By comparison, the Covid-19 corona virus had roughly a .7% mortality rate.

Why did you use this as an example when you had no clue what you were talking about. Thus far, your own example has defeated you at every turn.

You're attempting to compare different types of virus, in defferent eras and ages of technology. Smallpox is not a corona virus.

Smallpox has been a significant threat to society, globally, since the times of ancient egypt, and likely well before that. Egyptican mummies have been examined which bear evidence that the person died of smallpox, and it wiped out the new world as it was being discovered by the old. Even the fledgling continental army in the US lost a battle as a result of smallpox racing through the ranks, and it wasn't until 1980 that it was declared eradicated, despite vaccination efforts in various forms for over several hundred years. With up to fifteen million catching the disease annually and five million of those dying, smallpox was not a minor concern; during the periods of the first and second world war, more died of smallpox than from the war. Smallpox is the single biggest killer in the recorded history of the world, estimated at over four hundred million deaths (some estimates as high as five hunded million) attributed to the disease in a 3,000 year period. Go figure.

Smallpox had no zoological harbor: its host was people. Numerous other poxes were transmissible between humans and animals, including cowpox, which gave rise to the intial successful vaccine efforts, but smallpox did not exist in animals and wasn't transmissible via animals, meaning eradication was possible by working within the human population. The same is not true of the SARS virus of Covid19, which is transmissible via animal hosts, and given the inability to vaccinate the entire animal kingdom in the wild, means that eradication will be nearly extremely unlikely, or impossible.

Vaccines do not provide 100% protection. This should not surprise you. You are attempting to compare radically different diseases, as well as vaccines, as well as the methodology and means of vaccination. It should be noted that smallpox vaccine was a live-virus vaccine, applied with two needles dipped in the vaccine; the reaction was topical, on the skin, and had to be covered. The vaccine itself, and the resulting skin reaction and scab from thke vaccination, was contagious, and could spread small pox or inect others, and it did. This was not possible with any of the Covid vaccinations, despite wild ideas to the contrary. Smallpox vaccination proved up to 95% successful in preventing transmission to the vaccinated, and reduced infection severity for those who had become infected at the time of vaccination. Two variants of the smallpox vaccine were largely responsible for nearly all deaths over a three thousand year period, whereas numerous mutations were possible due to the type of virus involved with the SARS covid 19. Smallox variation amounted to a major and minor, with the major causing the most deaths. Deaths from Covid were entirely different, with many of the deaths being immunoresponses to the virus, but not the direct result of the Virus. One might think of smallpox deaths as the bullet fired from a gun; one might think of covid-related deaths in which the virus served as a primer, but often not the bullet itself. Covid set in motion numerous mechanisms that ultimately lead to long term effects, death, and complications such as lung scarring, etc.
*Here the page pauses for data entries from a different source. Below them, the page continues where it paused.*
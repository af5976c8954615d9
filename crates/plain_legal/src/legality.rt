ghost use Rattle.std.specs.Prelude.{◌≡◌, ◌↔◌, ◌≤◌, IfOk, IsTrue, length};
ghost use Rattle.st_model.specs.History.{accepted_calls, all_calls};
ghost use Rattle.st_model.specs.Legal.{IsLegal};
ghost use Rattle.st_model.specs.State.{IsOpening};
ghost use Rattle.plain_legal.specs.Runs.{AreChanges, IsAnsweredInRun, IsOrderly, IsPlacedRun};

use crate::asks::ask_rightly;
use crate::causes::{have_causes, have_numbers_once};
use crate::long::are_cut_rightly;
use crate::places::{all_calls, are_awaits_right, are_in_order, are_places_once, are_within};
use crate::run::{are_accepted_in_turn, are_answered};
use plain_model::accepted_calls;
use st_model::{Call, Calls, ModelState};
use std::alloc::{AllocError, Global};

// Whether nothing has changed at the state since the opening, and no snapshot lives.
fn is_opening(state: &ModelState) -> bool
    ensures { IsTrue result ↔ IsOpening state.now }
{
    state.place == 0 && state.live.is_empty()
}

// Whether what commands ask, and the places that are printed, are those of a legal run.
fn is_placed_run(
    opening: &ModelState,
    transcripts: &[Calls],
    calls: &[Call],
    accepted: &[Call],
) -> bool
    requires all { calls.now ≡ all_calls transcripts.now }
    requires accepted { accepted.now ≡ accepted_calls transcripts.now }
    ensures { IsTrue result ↔ IsPlacedRun opening.now transcripts.now }
{
    if !is_opening(opening) || !ask_rightly(transcripts) {
        return false;
    }
    if !are_places_once(accepted) || !are_in_order(transcripts) {
        return false;
    }
    are_awaits_right(transcripts, calls) && are_within(accepted.len() as u64, calls)
}

// Whether the parts of the run that look at no state are right.
fn is_orderly(
    alloc: Global,
    opening: &ModelState,
    transcripts: &[Calls],
    calls: &[Call],
    accepted: &[Call],
    input_faults: u64,
    disk_failed: bool,
) -> Result<bool, AllocError>
    requires all { calls.now ≡ all_calls transcripts.now }
    requires accepted { accepted.now ≡ accepted_calls transcripts.now }
    ensures { IfOk result (λ holds. IsTrue holds ↔ IsOrderly opening.now transcripts.now input_faults disk_failed) }
{
    if !is_placed_run(opening, transcripts, calls, accepted) {
        return Ok(false);
    }
    if !have_numbers_once(alloc, calls)? || !are_cut_rightly(alloc, transcripts)? {
        return Ok(false);
    }
    Ok(have_causes(calls, input_faults, disk_failed))
}

// Whether each reply of an orderly run is the model's.
fn is_answered(
    alloc: Global,
    opening: &ModelState,
    capacity: u64,
    transcripts: &[Calls],
    calls: &[Call],
    accepted: &[Call],
) -> Result<bool, AllocError>
    requires all { calls.now ≡ all_calls transcripts.now }
    requires accepted { accepted.now ≡ accepted_calls transcripts.now }
    requires placed { IsPlacedRun opening.now transcripts.now }
    ensures { IfOk result (λ holds. IsTrue holds ↔ IsAnsweredInRun opening.now capacity transcripts.now) }
{
    let _ = transcripts;
    if !are_accepted_in_turn(alloc, opening, capacity, accepted)? {
        return Ok(false);
    }
    are_answered(alloc, opening, capacity, calls, accepted)
}

/// Whether the transcripts, one a client, are one run of the store from its opening state: each command asks rightly;
/// the accepted changes have the places from 1 on, each once; places never fall along a transcript; awaits have seen
/// what they awaited; each reply is the model's at its place; file numbers differ; reads are cut where their transcript
/// is long; and the refusals that come from a fault have one. `input_faults` is by how much the inputs' count of faults
/// rose, `disk_failed` whether the disk's did.
pub fn legal(
    alloc: Global,
    opening: &ModelState,
    capacity: u64,
    transcripts: &[Calls],
    input_faults: u64,
    disk_failed: bool,
) -> Result<bool, AllocError>
    ensures { IfOk result (λ holds. IsTrue holds
        ↔ IsLegal opening.now capacity transcripts.now input_faults disk_failed) }
{
    let calls = all_calls(alloc, transcripts)?;
    let accepted = accepted_calls(alloc, transcripts)?;
    let calls = calls.as_slice();
    let accepted = accepted.as_slice();
    if !is_orderly(
        alloc,
        opening,
        transcripts,
        calls,
        accepted,
        input_faults,
        disk_failed,
    )? {
        return Ok(false);
    }
    is_answered(alloc, opening, capacity, transcripts, calls, accepted)
}
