ghost use Rattle.std.specs.Prelude.{◌≡◌, ℕ, ◌<◌, ◌^◌, List, [], ◌∷◌, ◌++◌, IsTrue, Ok, length, map};
ghost use Rattle.st_block.specs.Block.{Cell, block_of};
ghost use Rattle.st_block.specs.BlockContents.{internal_keys_rise};
ghost use Rattle.st_block.specs.Written.{HoldsPairs, MayWrite, Writing, pair_added, cells_of, written_block};
ghost use Rattle.st_block.specs.declared.kind.BlockKind.{BlockKind};
ghost use Rattle.st_block.specs.declared.kind.BlockKind.TheVariants.{Index};

use st_code::numbers_read_again;

/// An entry that is added to a writer comes after those that it holds.
pub fn writer_holds_what_is_added()
    ensures { (writing : Writing) (pairs : List (List ℕ × List ℕ)) (key value : List ℕ) → HoldsPairs writing pairs
        → HoldsPairs (pair_added writing key value) (pairs ++ (key, value) ∷ []) }
{}

/// Opening a block that was written gives the entries that were added, where these are in the order of its kind.
pub fn written_block_opens()
    ensures opens { (kind : BlockKind) (interval : ℕ) (pairs : List (List ℕ × List ℕ)) → 0 < interval
        → MayWrite kind pairs → length (written_block interval pairs) < 2 ^ 32
        → block_of kind (written_block interval pairs) ≡ Ok (cells_of interval 0 0 [] pairs) }
    ensures entries { (interval : ℕ) (pairs : List (List ℕ × List ℕ))
        → map (λ (cell : Cell). (cell.key, cell.value)) (cells_of interval 0 0 [] pairs) ≡ pairs }
{
    numbers_read_again();
}

/// The keys of an index block that opens rise as internal keys.
pub fn index_keys_rise()
    ensures { (text : List ℕ) (cells : List Cell) → block_of Index text ≡ Ok cells → IsTrue (internal_keys_rise cells) }
{}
What you do not seem to understand (in addition to nearly everything else you've attempted to present, which clearly you do not understand) is that the efficacy of a vaccine is not an absolute value. A vaccine with 93% efficacy does not mean that 7% will be infected, and does not mean that 93% will not, when exposed to the pathogen. Efficacy is a measure of risk, rather than a hard number; thus, an efficacy of 93% suggests a 93% lower risk of becoming infected.

It's well to note that particualrly in the case of Covid, given that much of the signs and symptoms were not universal and were largely a function of individual immunoresponse, as well as underlying comorbidity, and other complications (pneumonia being common among them), the reaction was not universal. One infected person might die, while another infected person might exhibit little or no symptom. In many cases, vaccination played a large role in reducing the signs and symptoms of an infection, such that one might "get" the disease, but suffer considerably less as a result, over a shorter duration, and be less transmissible. By any measure, that is a success.

You seem to want to boil complex issues into simplistic third-grade chatter. Most certainly there have been numerous studies establishing the efficacy of the myriad vaccines for Covid; you're dismissive, as the extreme right deniers seem to be. Indeed, the mantra is always the same: deny, dismiss, diminish, and brand any evidence to the contrary as "fake news." The ultimate success of the smallpox drive, among many reasons, was due to the scale at which vaccination took place, down to the last recorded case, as opposed to the widespread denier-culture that severely hampered the vaccination effort of Covid.
I don't know why you had to write an essay about smallpox. I dont care. All I care about is the math and data. Ill concede your argument about smallpox. I dont know the numbers for smallpox so I'll give you that one. I apologize. You win that argument. Maybe I misinterpreted your earlier post as it sounded like you were claiming smallpox wasn't as widespread, so I was basing my smallpox argument off that. Although, I'm pretty sure every person on Earth has been infected or at least exposed to Covid so I don't know how you can get more widespread than that. With that said, has anyone been infected with smallpox 3 or 4 times after vaccination? I doubt it, but even if they have, it hasn't been to level of Covid.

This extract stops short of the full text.